Moreover, PSRs and physicians do not even have the capacity to consummate sales. Schering’s PSRs, like Boehringer’s PSRs, are barred both by law and by their employer from entering into contracts or binding commitments with physicians for the prescription of their employer’s products. Cf. Ruggeri I, 585 F.Supp.2d at 267-68 (PSRs “do not and cannot make or produce” sales); accord Smith, 2008 WL 5427802, *7, 2008 U.S. Dist. LEXIS 104952, *20-*21 (“in no ordinary sense of the word ‘consummation’ could one of [the PSR’s] sales calls end in the consummation of a sale. [The PSR] could only provide useful information to the physician, and could not enter into an agreement regarding prescriptions by the physician.”). And physicians neither have nor exercise the capacity to make binding commitments to purchase or prescribe pharmaceuticals promoted by Schering’s PSRs. DeFeo testified that physicians never order pharmaceuticals directly from Schering even in potential “emergency” situations, when they would obtain them directly through a “group purchasing organization,” and in any event ethical and legal obligations bar physicians from “mak[ing] a binding commitment to a[PSR] to prescribe certain [pharmaceutical] products.” In re Novartis, 593 F.Supp.2d at 650;see also Ruggeri I, 585 F.Supp.2d at 268 (“physicians do not have ‘the capacity to purchase or place an order for’… pharmaceutical products”).

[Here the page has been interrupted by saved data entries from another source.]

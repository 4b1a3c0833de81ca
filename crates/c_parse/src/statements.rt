//! Statements, and what holds them (ISO C 6.8).

ghost use Rattle.std.specs.Prelude.{[]};
ghost use Rattle.dpi_grammar.specs.Parser.{Reads};
ghost use Rattle.c_expr.specs.Reading.{expr};
ghost use Rattle.c_parse.specs.ReadingStatements as spec;

use crate::branch::Branch;
use crate::front::{Front, Nest, begins_part, begins_variables, front_of};
use crate::levels::enter;
use crate::simple::{
    break_stmt, condition, continue_stmt, empty, expr_stmt, optional_expr, return_stmt, start,
};
use crate::variables::variables;
use c_cursor::Cursor;
use c_tree::{Block, CExpr, Class, Else, ElseIf, If, Part, Start, Stmt};
use dpi_grammar::Stop;
use sqlite_items::{Boxed, Items};
use std::alloc::Global;

/// A statement.
// stmt = ";" | block | expr ";" | if | while | do | for | "return" expr? ";" | "break" ";"
//      | "continue" ";"
#[cycle(stmt)]
#[tactic(auto, unfolding(crate::specs::ReadingStatements::stmt_in))]
pub fn stmt(alloc: Global, tokens: &mut Cursor<'_>, depth: u32) -> Result<Stmt, Stop>
    ensures { Reads (spec.stmt depth tokens.old) result tokens.new }
{
    match front_of(tokens.class()) {
        Front::Empty => empty(tokens),
        Front::Nested(nest) => {
            let inner = enter(tokens, depth)?;
            nested(alloc, tokens, inner, nest)
        }
        Front::Return => return_stmt(alloc, tokens, depth),
        Front::Break => break_stmt(tokens),
        Front::Continue => continue_stmt(tokens),
        Front::Expr => expr_stmt(alloc, tokens, depth),
    }
}

/// A statement that opens a level; `depth` are left inside.
#[cycle(stmt)]
fn nested(alloc: Global, tokens: &mut Cursor<'_>, depth: u32, nest: Nest) -> Result<Stmt, Stop>
    ensures { Reads (spec.nested_by (expr depth) (spec.stmt depth) nest tokens.old) result tokens.new }
{
    match nest {
        Nest::Block => Ok(Stmt::Block(block(alloc, tokens, depth)?)),
        Nest::If => {
            let tree = if_stmt(alloc, tokens, depth)?;
            Ok(Stmt::If(Boxed::new(alloc, tree)?))
        }
        Nest::While => while_stmt(alloc, tokens, depth),
        Nest::Do => do_stmt(alloc, tokens, depth),
        Nest::For => for_stmt(alloc, tokens, depth),
    }
}

/// A block (6.8.2); `depth` levels are left inside.
// block = "{" (vardecl | stmt)* "}"
#[cycle(stmt)]
#[tactic(auto, unfolding(crate::specs::ReadingStatements::block_by))]
pub fn block(alloc: Global, tokens: &mut Cursor<'_>, depth: u32) -> Result<Block, Stop>
    ensures { Reads (spec.block_by (expr depth) (spec.stmt depth) tokens.old) result tokens.new }
{
    let token = tokens.place();
    tokens.expect(Class::OpenBrace)?;
    let parts = parts(alloc, tokens, depth)?;
    let end = tokens.place();
    tokens.expect(Class::CloseBrace)?;
    Ok(Block { token, parts, end })
}

// (vardecl | stmt)*
#[cycle(stmt)]
fn parts(alloc: Global, tokens: &mut Cursor<'_>, depth: u32) -> Result<Items<Part>, Stop>
    ensures { Reads (spec.parts_by (expr depth) (spec.stmt depth) tokens.old) result tokens.new }
{
    let mut found = Items::new(alloc);
    for _turn in 0..tokens.left() {
        if !begins_part(tokens) {
            return Ok(found);
        }
        found.push(part(alloc, tokens, depth)?)?;
    }
    Ok(found)
}

// vardecl | stmt
#[cycle(stmt)]
fn part(alloc: Global, tokens: &mut Cursor<'_>, depth: u32) -> Result<Part, Stop>
    ensures { Reads (spec.part_by (expr depth) (spec.stmt depth) tokens.old) result tokens.new }
{
    if begins_variables(tokens) {
        return Ok(Part::Variables(variables(alloc, tokens, depth)?));
    }
    Ok(Part::Stmt(stmt(alloc, tokens, depth)?))
}

/// An `if`, with all that belongs to it (6.8.4.1).
// "if" "(" expr ")" stmt ("else" "if" "(" expr ")" stmt)* ("else" stmt)?
#[cycle(stmt)]
#[tactic(auto, unfolding(crate::specs::ReadingStatements::if_by))]
fn if_stmt(alloc: Global, tokens: &mut Cursor<'_>, depth: u32) -> Result<If, Stop>
    ensures { Reads (spec.if_by (expr depth) (spec.stmt depth) tokens.old) result tokens.new }
{
    let token = tokens.place();
    tokens.expect(Class::If)?;
    let condition = condition(alloc, tokens, depth)?;
    let body = boxed_stmt(alloc, tokens, depth)?;
    let (others, last) = branches(alloc, tokens, depth)?;
    Ok(If {
        token,
        condition,
        body: body.into_inner(),
        others,
        last,
    })
}

/// The `else if` parts and the last `else`.
#[cycle(stmt)]
fn branches(
    alloc: Global,
    tokens: &mut Cursor<'_>,
    depth: u32,
) -> Result<(Items<ElseIf>, Option<Boxed<Else>>), Stop>
    ensures { Reads (spec.branches_by (expr depth) (spec.stmt depth) tokens.old) result tokens.new }
{
    let mut others = Items::new(alloc);
    for _turn in 0..tokens.left() {
        if !tokens.sees(Class::Else) {
            return Ok((others, None));
        }
        match branch(alloc, tokens, depth)? {
            Branch::Other(other) => others.push(other)?,
            Branch::Last(last) => return Ok((others, Some(Boxed::new(alloc, last)?))),
        }
    }
    Ok((others, None))
}

// "else" "if" "(" expr ")" stmt | "else" stmt
#[cycle(stmt)]
#[tactic(auto, unfolding(crate::specs::ReadingStatements::branch_by))]
fn branch(alloc: Global, tokens: &mut Cursor<'_>, depth: u32) -> Result<Branch, Stop>
    ensures { Reads (spec.branch_by (expr depth) (spec.stmt depth) tokens.old) result tokens.new }
{
    let token = tokens.place();
    tokens.expect(Class::Else)?;
    behind_else(alloc, tokens, depth, token)
}

#[cycle(stmt)]
fn behind_else(
    alloc: Global,
    tokens: &mut Cursor<'_>,
    depth: u32,
    token: u32,
) -> Result<Branch, Stop>
    ensures { Reads (spec.behind_else_by (expr depth) (spec.stmt depth) token tokens.old) result tokens.new }
{
    if tokens.sees(Class::If) {
        return Ok(Branch::Other(else_if(alloc, tokens, depth, token)?));
    }
    Ok(Branch::Last(last_else(alloc, tokens, depth, token)?))
}

/// An `else if` part, behind its `else` of that number.
// "if" "(" expr ")" stmt
#[cycle(stmt)]
#[tactic(auto, unfolding(crate::specs::ReadingStatements::else_if_by))]
fn else_if(alloc: Global, tokens: &mut Cursor<'_>, depth: u32, token: u32) -> Result<ElseIf, Stop>
    ensures { Reads (spec.else_if_by (expr depth) (spec.stmt depth) token tokens.old) result tokens.new }
{
    tokens.expect(Class::If)?;
    let condition = condition(alloc, tokens, depth)?;
    let body = stmt(alloc, tokens, depth)?;
    Ok(ElseIf {
        token,
        condition,
        body,
    })
}

/// The last part of an `if`, behind its `else` of that number.
// stmt
#[cycle(stmt)]
#[tactic(auto, unfolding(crate::specs::ReadingStatements::else_by))]
fn last_else(alloc: Global, tokens: &mut Cursor<'_>, depth: u32, token: u32) -> Result<Else, Stop>
    ensures { Reads (spec.else_by (expr depth) (spec.stmt depth) token tokens.old) result tokens.new }
{
    let body = stmt(alloc, tokens, depth)?;
    Ok(Else { token, body })
}

/// A loop that tests first (6.8.5.1).
// "while" "(" expr ")" stmt
#[cycle(stmt)]
#[tactic(auto, unfolding(crate::specs::ReadingStatements::while_by))]
fn while_stmt(alloc: Global, tokens: &mut Cursor<'_>, depth: u32) -> Result<Stmt, Stop>
    ensures { Reads (spec.while_by (expr depth) (spec.stmt depth) tokens.old) result tokens.new }
{
    let token = tokens.place();
    tokens.expect(Class::While)?;
    let condition = condition(alloc, tokens, depth)?;
    let body = stmt(alloc, tokens, depth)?;
    Ok(Stmt::While(token, condition, Boxed::new(alloc, body)?))
}

/// A loop that tests last (6.8.5.2).
// "do" stmt "while" "(" expr ")" ";"
#[cycle(stmt)]
#[tactic(auto, unfolding(crate::specs::ReadingStatements::do_by))]
fn do_stmt(alloc: Global, tokens: &mut Cursor<'_>, depth: u32) -> Result<Stmt, Stop>
    ensures { Reads (spec.do_by (expr depth) (spec.stmt depth) tokens.old) result tokens.new }
{
    let token = tokens.place();
    tokens.expect(Class::Do)?;
    let body = stmt(alloc, tokens, depth)?;
    let test = tokens.place();
    tokens.expect(Class::While)?;
    let condition = condition(alloc, tokens, depth)?;
    tokens.expect(Class::Semicolon)?;
    Ok(Stmt::Do(token, Boxed::new(alloc, body)?, test, condition))
}

/// A loop with a start, a test and a step (6.8.5.3).
// "for" "(" (vardecl | expr? ";") expr? ";" expr? ")" stmt
#[cycle(stmt)]
#[tactic(auto, unfolding(crate::specs::ReadingStatements::for_by))]
fn for_stmt(alloc: Global, tokens: &mut Cursor<'_>, depth: u32) -> Result<Stmt, Stop>
    ensures { Reads (spec.for_by (expr depth) (spec.stmt depth) tokens.old) result tokens.new }
{
    let token = tokens.place();
    tokens.expect(Class::For)?;
    tokens.expect(Class::OpenParen)?;
    let start = start(alloc, tokens, depth)?;
    let start = Boxed::new(alloc, start)?;
    for_test(alloc, tokens, depth, token, start)
}

/// The rest of a `for` of that number, behind what it begins with.
// expr? ";" expr? ")" stmt
#[cycle(stmt)]
fn for_test(
    alloc: Global,
    tokens: &mut Cursor<'_>,
    depth: u32,
    token: u32,
    start: Boxed<Start>,
) -> Result<Stmt, Stop>
    ensures { Reads (spec.for_test_by (expr depth) (spec.stmt depth) token start tokens.old) result tokens.new }
{
    let test = optional_expr(alloc, tokens, depth)?;
    tokens.expect(Class::Semicolon)?;
    for_step(alloc, tokens, depth, token, start, test)
}

/// The rest of a `for` of that number, behind its test.
// expr? ")" stmt
#[cycle(stmt)]
fn for_step(
    alloc: Global,
    tokens: &mut Cursor<'_>,
    depth: u32,
    token: u32,
    start: Boxed<Start>,
    test: Option<CExpr>,
) -> Result<Stmt, Stop>
    ensures { Reads (spec.for_step_by (expr depth) (spec.stmt depth) token start test tokens.old) result tokens.new }
{
    let step = optional_expr(alloc, tokens, depth)?;
    tokens.expect(Class::CloseParen)?;
    for_body(alloc, tokens, depth, token, start, test, step)
}

/// The statement of a `for` of that number.
#[cycle(stmt)]
fn for_body(
    alloc: Global,
    tokens: &mut Cursor<'_>,
    depth: u32,
    token: u32,
    start: Boxed<Start>,
    test: Option<CExpr>,
    step: Option<CExpr>,
) -> Result<Stmt, Stop>
    ensures { Reads (spec.for_body_by (expr depth) (spec.stmt depth) token start test step tokens.old) result tokens.new }
{
    let body = boxed_stmt(alloc, tokens, depth)?;
    Ok(Stmt::For(token, start.into_inner(), test, step, body))
}

/// A statement inside another.
#[cycle(stmt)]
fn boxed_stmt(alloc: Global, tokens: &mut Cursor<'_>, depth: u32) -> Result<Boxed<Stmt>, Stop>
    ensures { Reads (spec.stmt depth tokens.old) result tokens.new }
{
    let tree = stmt(alloc, tokens, depth)?;
    Ok(Boxed::new(alloc, tree)?)
}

The conclusion that PSRs fall within the outside sales exemption from FLSA’s overtime provisions on the basis of “the characteristics of the industry in question,” In re Novartis, 593 F.Supp.2d at 649,“[n]otwithstanding PSRs’ lack of capacity to sell, and physicians’ lack of capacity to purchase,”see Ruggeri I, 585 F.Supp.2d at 268, appears to be the back-fitting of the FLSA to industry practices which this Court has rejected, see id. at 272;see also Clements, 530 F.3d at 1227 (“[t]he touchstone for making a sale, under the Federal Regulations, is obtaining a commitment.”); Smith, 2008 WL 5427802, *7, 2008 U.S. Dist. LEXIS 104952, *19 (“[p]hysicians … do indeed present a chokepoint in the sale of pharmaceuticals, but the nature of the prescription system insulates them from being amenable to ‘sales’ within the definition of the applicable regulation”).In re Novartis’s focus on a pharmaceutical product’s “purchase cycle,” which “commences” with a physician writing a prescription for the product for a patient, In re Novartis, 593 F.Supp.2d at 650-51, and which, in this case, presumably would continue through a patient’s filling the prescription at a pharmacy, to the pharmacy’s re-ordering the product from a wholesaler, who then places an order for additional product with the “trade organization” and “legal team” operating under Schering’s managed markets group, is not what the PSRs do, which excludes it from the relevant inquiry for FLSA purposes.
As DeFeo’s testimony and Plaintiffs’ declarations illustrate, the closest that Schering’s PSRs come to consummating “sales” is increasing the overall demand for its products, such that non-PSR Schering employees negotiate and commit to contracts with wholesalers-not the physicians to whom Schering’s products are promoted. An employee does not consummate a “sale” for purposes of the FLSA merely by “lay[ing] the groundwork” for another employee to obtain a customer’s commitment. Clements, 530 F.3d at 1229;29 C.F.R. § 541.503(a) (even though promotional work can be considered exempt sales work, “promotional work that is incidental to sales made, or to be made, by someone else is not exempt outside sales work”) (emphasis added). Here, not only do the PSRs not consummate the sales, but the physicians with whom the PSRs visit are not Schering’s customers. To the extent PSRs lay foundation or groundwork, it is to increase or maintain their employer’s market share for the products they promote. In this sense they pave the way for sales but in no more direct a manner as a pharmaceutical company’s direct-to-consumer advertising, which raises demand for that company’s products. Neither of these activities constitutes “sales” under the FLSA.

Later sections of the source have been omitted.